[Collected data entries]
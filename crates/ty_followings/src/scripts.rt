// A load that is run; scripts that are run in a world, and from a source.
use std::test::Fail;
use ty_load::load;

mod reports;
mod rows;
mod worlds;

const SUMMARY: &str = "load 1
crumbs 200
pairs 1744
client 1 at 200 1744
client 2 at 200 1744
client 3 at 200 1744
client 4 at 200 1744
client 5 at 200 1744
client 6 at 200 1744
client 7 at 200 1744
client 8 at 200 1744
";

#[test]
fn each_run_of_a_load_tells_the_same(rt: HostRuntime) -> Result<(), Fail> {
    let alloc = rt.alloc();
    for _ in 0..2 {
        let text = load(alloc, 1)?;
        assert_eq!(rt; text.as_str(), SUMMARY);
    }
    Ok(())
}
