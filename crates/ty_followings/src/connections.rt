// What no clause says: that a connection over a link in memory goes to its end.
use std::alloc::Global;
use std::test::Fail;
use ty_base::{MemLink, MemSink, Piece, Text};
use ty_client::{Rebuild, follow_link};

// A server hello, a status, a ping and crumb 3.
const DOWN: &[u8] =
    b"\x00\x00\x00 {\"m\":\"server_hello\",\"version\":1}\x00\x00\x00 {\"m\":\"status\",\"status\":\"resync\"}\x00\x00\x00\x13{\"m\":\"ping\",\"ts\":7}\x00\x00\x00\x13{\"m\":\"crumb\",\"n\":3}";

const UP: &[u8] =
    b"\x00\x00\x00,{\"host\":\"n1\",\"m\":\"client_hello\",\"version\":1}\x00\x00\x00\x13{\"m\":\"pong\",\"ts\":7}";

// Bytes in pieces of this many, with a rest behind each.
fn link(alloc: Global, bytes: &[u8], size: usize) -> Result<MemLink, Fail> {
    let mut coming = Vec::new(alloc);
    for piece in bytes.chunks(size.max(1)) {
        coming.push(Piece::Bytes(piece.to_vec(alloc)?))?;
        coming.push(Piece::Quiet)?;
    }
    Ok(MemLink::new(alloc, coming, 100, Vec::new(alloc))?)
}

#[test]
fn a_connection_is_followed_to_its_end(rt: HostRuntime) -> Result<(), Fail> {
    let alloc = rt.alloc();
    let mut rebuild = Rebuild::new(alloc);
    let host = Text::of(alloc, "n1")?;
    for size in [5usize, 65_536] {
        let mut link = link(alloc, DOWN, size)?;
        let mut sink = MemSink::new(alloc, 100, Vec::new(alloc))?;
        let came = follow_link(&rt, alloc, &mut rebuild, &host, false, &mut link, &mut sink);
        assert_eq!(rt; came, Ok(()));
        assert_eq!(rt; sink.given(), b"at 3 resync 0\n".as_slice());
        assert_eq!(rt; link.given(), UP);
    }
    Ok(())
}
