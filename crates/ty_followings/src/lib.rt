//! What clients, connections, a dialler, scripts and a load come to on worked rows: tests alone.
#![tactic(auto)]

#[cfg(test)]
mod clients;
#[cfg(test)]
mod connections;
#[cfg(test)]
mod dialling;
#[cfg(test)]
mod scripts;
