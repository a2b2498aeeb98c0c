// Outside vectors, pieces, and sources and sinks that fail.
use std::alloc::Global;
use std::test::Fail;
use ty_base::{MemSink, MemSource, Text};
use ty_client::{FollowFault, Rebuild, StreamFault, follow};
use ty_wire::WireFault;

// A server hello, crumb 0 with `wait-for-ready`, and crumb 1 with one pair and `in-sync`.
const READY: &[u8] =
    b"\x00\x00\x00 {\"m\":\"server_hello\",\"version\":1}\x00\x00\x00({\"m\":\"status\",\"status\":\"wait-for-ready\"}\x00\x00\x00\x13{\"m\":\"crumb\",\"n\":0}\x00\x00\x00J{\"kvs\":[{\"key\":\"/calico/v1/Ready\",\"type\":\"new\",\"value\":\"true\"}],\"m\":\"kvs\"}\x00\x00\x00!{\"m\":\"status\",\"status\":\"in-sync\"}\x00\x00\x00\x13{\"m\":\"crumb\",\"n\":1}";

// Where its frames end.
const READY_ENDS: [usize; 7] = [0, 36, 80, 103, 181, 218, 241];

const HELLO: &str = r#"{"m":"server_hello","version":1}"#;

const RESYNC: &str = r#"{"m":"status","status":"resync"}"#;

const CRUMB_3: &str = r#"{"m":"crumb","n":3}"#;

const NEW_A: &str = r#"{"kvs":[{"key":"a","type":"new","value":"1"}],"m":"kvs"}"#;

const NEW_B: &str = r#"{"kvs":[{"key":"b","type":"new","value":"2"}],"m":"kvs"}"#;

const NO_A: &str = r#"{"kvs":[{"key":"a","type":"deleted"}],"m":"kvs"}"#;

// The frames of a realistic feed.
const REALISTIC: [&str; 12] = [
    r#"{"m":"server_hello","version":1}"#,
    r#"{"m":"status","status":"wait-for-ready"}"#,
    r#"{"m":"crumb","n":0}"#,
    r#"{"m":"status","status":"resync"}"#,
    r#"{"m":"crumb","n":1}"#,
    r#"{"kvs":[{"key":"/calico/v1/Ready","type":"new","value":"true"},{"key":"/calico/v1/config/LogSeverityScreen","type":"new","value":"\"Info\""},{"key":"/calico/v1/host/node-1/bird_ip","type":"new","value":"\"192.168.10.1\""},{"key":"/calico/v1/host/node-2/bird_ip","type":"new","value":"\"192.168.10.2\""},{"key":"/calico/v1/host/node-1/workload/k8s/default%2fweb-1/endpoint/eth0","type":"new","value":"{\"ipv4_nets\":[\"10.244.1.5/32\"],\"labels\":{\"app\":\"web\"},\"mac\":\"ee:ee:ee:ee:ee:ee\",\"name\":\"cali0a1b2c3d4e5\",\"profile_ids\":[\"kns.default\"],\"state\":\"active\"}"},{"key":"/calico/v1/policy/tier/default/policy/allow-web","type":"new","value":"{\"inbound_rules\":[{\"action\":\"allow\",\"dst_ports\":[80,\"8000:8080\"],\"protocol\":\"tcp\",\"src_selector\":\"role == 'client'\"}],\"order\":100,\"outbound_rules\":[{\"action\":\"allow\"}],\"selector\":\"app == 'web'\",\"types\":[\"ingress\",\"egress\"]}"},{"key":"/calico/v1/policy/profile/kns.default/labels","type":"new","value":"{\"pcns.name\":\"default\"}"},{"key":"/calico/v1/ipam/v4/pool/10.244.0.0-16","type":"new","value":"{\"cidr\":\"10.244.0.0/16\",\"masquerade\":true}"}],"m":"kvs"}"#,
    r#"{"m":"status","status":"in-sync"}"#,
    r#"{"m":"crumb","n":2}"#,
    r#"{"kvs":[{"key":"/calico/v1/host/node-1/workload/k8s/default%2fweb-1/endpoint/eth0","type":"deleted"},{"key":"/calico/v1/host/node-2/workload/k8s/default%2fweb-1/endpoint/eth0","type":"new","value":"{\"ipv4_nets\":[\"10.244.2.7/32\"],\"labels\":{\"app\":\"web\"},\"mac\":\"ee:ee:ee:ee:ee:ee\",\"name\":\"cali0a1b2c3d4e5\",\"profile_ids\":[\"kns.default\"],\"state\":\"active\"}"}],"m":"kvs"}"#,
    r#"{"m":"crumb","n":3}"#,
    r#"{"kvs":[{"key":"/calico/v1/host/node-2/workload/k8s/default%2fweb-1/endpoint/eth0","type":"deleted"}],"m":"kvs"}"#,
    r#"{"m":"crumb","n":4}"#,
];

fn framed(alloc: Global, bodies: &[&str]) -> Result<Vec<u8>, Fail> {
    let mut out = Vec::new(alloc);
    for body in bodies {
        out.extend_from_slice(&[
            0,
            0,
            (body.len() / 256 % 256) as u8,
            (body.len() % 256) as u8,
        ])?;
        out.extend_from_slice(body.as_bytes())?;
    }
    Ok(out)
}

// What follows from bytes in pieces of a size, where these calls of the source and the sink fail.
fn followed(
    alloc: Global,
    brief: bool,
    bytes: &[u8],
    size: usize,
    source_fails: Vec<u64>,
    sink_fails: Vec<u64>,
) -> Result<(Vec<u8>, Result<(), FollowFault>), Fail> {
    let mut pieces = Vec::new(alloc);
    for piece in bytes.chunks(size.max(1)) {
        pieces.push(piece.to_vec(alloc)?)?;
    }
    let mut source = MemSource::new(alloc, pieces, source_fails)?;
    let mut sink = MemSink::new(alloc, 65_536, sink_fails)?;
    let result = follow(alloc, brief, &mut source, &mut sink);
    Ok((sink.given().to_vec(alloc)?, result))
}

fn whole(
    alloc: Global,
    brief: bool,
    bytes: &[u8],
    size: usize,
) -> Result<(Vec<u8>, Result<(), FollowFault>), Fail> {
    followed(alloc, brief, bytes, size, Vec::new(alloc), Vec::new(alloc))
}

// Whether the bytes, in large and small pieces, bring this text and come to this.
fn comes_to(
    alloc: Global,
    brief: bool,
    bytes: &[u8],
    text: &str,
    wanted: Result<(), FollowFault>,
) -> Result<bool, Fail> {
    let mut good = true;
    for size in [1usize, 7, 65_536] {
        let (given, came) = whole(alloc, brief, bytes, size)?;
        good = good && given.as_slice() == text.as_bytes() && came == wanted;
    }
    Ok(good)
}

// The same, for the frames of bodies.
fn bodies_come_to(
    alloc: Global,
    bodies: &[&str],
    text: &str,
    wanted: Result<(), FollowFault>,
) -> Result<bool, Fail> {
    let bytes = framed(alloc, bodies)?;
    comes_to(alloc, false, &bytes, text, wanted)
}

#[test]
fn text_of_each_crumb_end(rt: HostRuntime) -> Result<(), Fail> {
    let alloc = rt.alloc();
    let both = "at 0 wait-for-ready 0\nat 1 in-sync 1\n";
    let pairs =
        "at 0 wait-for-ready 0\nat 1 in-sync 1\n{\"key\":\"/calico/v1/Ready\",\"value\":\"true\"}\n";
    assert!(rt; comes_to(alloc, false, READY, pairs, Ok(()))?);
    assert!(rt; comes_to(alloc, true, READY, both, Ok(()))?);
    assert!(rt; comes_to(alloc, false, b"", "", Ok(()))?);
    let changed = &[HELLO, NEW_A, NEW_B, NO_A, RESYNC, CRUMB_3];
    let text = "at 3 resync 1\n{\"key\":\"b\",\"value\":\"2\"}\n";
    assert!(rt; bodies_come_to(alloc, changed, text, Ok(()))?);
    Ok(())
}

#[test]
fn faults_of_the_wire(rt: HostRuntime) -> Result<(), Fail> {
    let alloc = rt.alloc();
    let cut = READY.split_at(READY.len().min(240)).0;
    let left = Err(FollowFault::Cut { left: 22 });
    assert!(rt; comes_to(alloc, false, cut, "at 0 wait-for-ready 0\n", left)?);
    let long = WireFault::TooLong {
        frame: 1,
        len: 8_388_609,
    };
    let fault = Err(FollowFault::Stream(StreamFault::Wire(long)));
    assert!(rt; comes_to(alloc, false, b"\x00\x80\x00\x01", "", fault)?);
    Ok(())
}

#[test]
fn messages_out_of_their_places(rt: HostRuntime) -> Result<(), Fail> {
    let alloc = rt.alloc();
    let again = Err(FollowFault::Stream(StreamFault::NotRising {
        frame: 4,
        had: 3,
        found: 3,
    }));
    let twice = &[HELLO, RESYNC, CRUMB_3, CRUMB_3];
    assert!(rt; bodies_come_to(alloc, twice, "at 3 resync 0\n", again)?);
    let second = Err(FollowFault::Stream(StreamFault::Order { frame: 2 }));
    assert!(rt; bodies_come_to(alloc, &[HELLO, CRUMB_3, CRUMB_3], "", second)?);
    let third = Err(FollowFault::Stream(StreamFault::Order { frame: 3 }));
    assert!(rt; bodies_come_to(alloc, &[HELLO, RESYNC, NEW_A], "", third)?);
    Ok(())
}

#[test]
fn a_realistic_stream_in_any_pieces(rt: HostRuntime) -> Result<(), Fail> {
    let alloc = rt.alloc();
    let bytes = framed(alloc, &REALISTIC)?;
    assert_eq!(rt; bytes.len(), 1941);
    let text =
        "at 0 wait-for-ready 0\nat 1 resync 0\nat 2 in-sync 8\nat 3 in-sync 8\nat 4 in-sync 7\n";
    for size in [1usize, 1000, 65_536] {
        let (given, came) = whole(alloc, true, &bytes, size)?;
        assert_eq!(rt; given.as_slice(), text.as_bytes());
        assert_eq!(rt; came, Ok(()));
    }
    let (one, _) = whole(alloc, false, &bytes, 1)?;
    let (all, _) = whole(alloc, false, &bytes, 65_536)?;
    assert_eq!(rt; one.as_slice(), all.as_slice());
    Ok(())
}

#[test]
fn an_end_inside_a_frame_is_cut(rt: HostRuntime) -> Result<(), Fail> {
    let alloc = rt.alloc();
    let mut frame_end = 0usize;
    for len in 0..READY.len() {
        if READY_ENDS.contains(&len) {
            frame_end = len;
        }
        let wanted = match len.saturating_sub(frame_end) {
            0 => Ok(()),
            left => Err(FollowFault::Cut { left: left as u64 }),
        };
        let (_, came) = whole(alloc, true, READY.split_at(len).0, 100)?;
        assert_eq!(rt; came, wanted);
    }
    Ok(())
}

#[test]
fn a_source_or_a_sink_fails_at_each_call(rt: HostRuntime) -> Result<(), Fail> {
    let alloc = rt.alloc();
    let (text, _) = whole(alloc, false, READY, 100)?;
    for call in 1..5u64 {
        let fails = vec![in alloc; call]?;
        let (given, came) = followed(alloc, false, READY, 100, fails, Vec::new(alloc))?;
        assert!(rt; text.starts_with(&given));
        assert_eq!(rt; came, Err(FollowFault::Read));
    }
    for call in 1..3u64 {
        let fails = vec![in alloc; call]?;
        let (given, came) = followed(alloc, false, READY, 100, Vec::new(alloc), fails)?;
        assert!(rt; text.starts_with(&given));
        assert_eq!(rt; came, Err(FollowFault::Write));
    }
    Ok(())
}

// Feeds the frames of bodies, and tells how many crumb ends they brought, and their fault.
fn fed(
    alloc: Global,
    rebuild: &mut Rebuild,
    bodies: &[&str],
) -> Result<(usize, Option<StreamFault>), Fail> {
    let bytes = framed(alloc, bodies)?;
    let heard = rebuild.feed(alloc, &bytes)?;
    Ok((heard.ats.len(), heard.fault))
}

// How many pairs are held.
fn held(rebuild: &Rebuild) -> Option<usize> {
    rebuild.held().map(|at| at.pairs.len())
}

#[test]
fn a_hello_and_a_pong_go_up(rt: HostRuntime) -> Result<(), Fail> {
    let alloc = rt.alloc();
    let mut rebuild = Rebuild::new(alloc);
    let host = Text::of(alloc, "n1")?;
    rebuild.hello(alloc, &host)?;
    let hello = framed(alloc, &[r#"{"host":"n1","m":"client_hello","version":1}"#])?;
    assert!(rt; rebuild.up() == hello.as_slice());
    rebuild.up_given(rebuild.up().len().min(3));
    assert_eq!(rt; rebuild.up().len(), 45);
    let ping = &[HELLO, RESYNC, CRUMB_3, r#"{"m":"ping","ts":7}"#];
    assert_eq!(rt; fed(alloc, &mut rebuild, ping)?, (1, None));
    let pong = framed(alloc, &[r#"{"m":"pong","ts":7}"#])?;
    assert!(rt; rebuild.up().ends_with(&pong));
    Ok(())
}

// A connection with deltas behind its crumb 3, and one that ends at it.
const FIRST: [&str; 5] = [HELLO, NEW_A, RESYNC, CRUMB_3, NEW_B];

const SECOND: [&str; 4] = [HELLO, NEW_B, RESYNC, CRUMB_3];

#[test]
fn what_is_held_outlasts_its_connection(rt: HostRuntime) -> Result<(), Fail> {
    let alloc = rt.alloc();
    let mut rebuild = Rebuild::new(alloc);
    assert_eq!(rt; held(&rebuild), None);
    assert_eq!(rt; fed(alloc, &mut rebuild, &FIRST)?, (1, None));
    rebuild.lost();
    assert_eq!(rt; held(&rebuild), Some(1));
    Ok(())
}

// What bodies bring, and how many pairs are held then.
fn fed_and_held(
    alloc: Global,
    rebuild: &mut Rebuild,
    bodies: &[&str],
) -> Result<(usize, Option<StreamFault>, Option<usize>), Fail> {
    let (ats, fault) = fed(alloc, rebuild, bodies)?;
    Ok((ats, fault, held(rebuild)))
}

#[test]
fn one_connection_after_another(rt: HostRuntime) -> Result<(), Fail> {
    let alloc = rt.alloc();
    let mut rebuild = Rebuild::new(alloc);
    fed(alloc, &mut rebuild, &FIRST)?;
    rebuild.feed(alloc, b"\x00\x00")?;
    assert_eq!(rt; rebuild.left(), 2);
    rebuild.lost();
    let fault = Some(StreamFault::Order { frame: 5 });
    for wanted in [(1, None, Some(1)), (0, fault, Some(1)), (0, fault, Some(1))] {
        assert_eq!(rt; fed_and_held(alloc, &mut rebuild, &SECOND)?, wanted);
    }
    Ok(())
}

// What is wrong with a frame.
#[derive(Clone, Copy)]
enum Hurt {
    // Its length is above the limit.
    TooLong,
    // Its body is no JSON.
    NotJson,
    // Its body has a space that no message's spelling has.
    Spaced,
    // Its message has no place at all.
    Misplaced,
}

const HURTS: [Hurt; 4] = [Hurt::TooLong, Hurt::NotJson, Hurt::Spaced, Hurt::Misplaced];

// The frame of a body with another beginning.
fn begun(alloc: Global, start: &str, body: &str) -> Result<Vec<u8>, Fail> {
    let mut text = String::new(alloc);
    text.push_str(start)?;
    text.push_str(body.strip_prefix("{").unwrap_or(body))?;
    framed(alloc, &[&text])
}

fn hurt_frame(alloc: Global, body: &str, hurt: Hurt) -> Result<Vec<u8>, Fail> {
    match hurt {
        Hurt::TooLong => Ok(b"\x00\x80\x00\x01".to_vec(alloc)?),
        Hurt::NotJson => begun(alloc, "}", body),
        Hurt::Spaced => begun(alloc, "{ ", body),
        Hurt::Misplaced => framed(alloc, &[r#"{"m":"pong","ts":1}"#]),
    }
}

fn fault_of(hurt: Hurt, frame: u64) -> StreamFault {
    match hurt {
        Hurt::TooLong => StreamFault::Wire(WireFault::TooLong {
            frame,
            len: 8_388_609,
        }),
        Hurt::NotJson => StreamFault::Wire(WireFault::NotJson { frame }),
        Hurt::Spaced => StreamFault::Wire(WireFault::Shape { frame }),
        Hurt::Misplaced => StreamFault::Order { frame },
    }
}

// Whether bytes with a hurt frame behind good ones bring the text of the good ones, and name the
// hurt one.
fn hurt_shows(
    alloc: Global,
    before: &[&str],
    body: &str,
    after: &[&str],
    hurt: Hurt,
) -> Result<bool, Fail> {
    let mut bytes = framed(alloc, before)?;
    let (text, _) = whole(alloc, false, &bytes, 65_536)?;
    bytes.extend_from_slice(&hurt_frame(alloc, body, hurt)?)?;
    bytes.extend_from_slice(&framed(alloc, after)?)?;
    let (given, came) = whole(alloc, false, &bytes, 1000)?;
    let fault = fault_of(hurt, (before.len() as u64).saturating_add(1));
    Ok(given == text && came == Err(FollowFault::Stream(fault)))
}

#[test]
fn each_hurt_frame_of_a_realistic_stream_is_named(rt: HostRuntime) -> Result<(), Fail> {
    let alloc = rt.alloc();
    for i in 0..REALISTIC.len() {
        let (before, rest) = REALISTIC.split_at(i);
        let Some((body, after)) = rest.split_first() else {
            continue;
        };
        for hurt in HURTS {
            assert!(rt; hurt_shows(alloc, before, body, after, hurt)?);
        }
    }
    Ok(())
}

**Directions**.
Look through the data above and return exactly the lines from the one that contains "fn each_run_of_a_load_tells_the_same(rt: HostRuntime)" to the one that contains "filename crates/ty_followings/src/connections.rt", inclusive, with nothing else.

**Task answer**.
fn each_run_of_a_load_tells_the_same(rt: HostRuntime) -> Result<(), Fail> {
    let alloc = rt.alloc();
    for _ in 0..2 {
        let text = load(alloc, 1)?;
        assert_eq!(rt; text.as_str(), SUMMARY);
    }
    Ok(())
}
filename crates/ty_followings/src/connections.rt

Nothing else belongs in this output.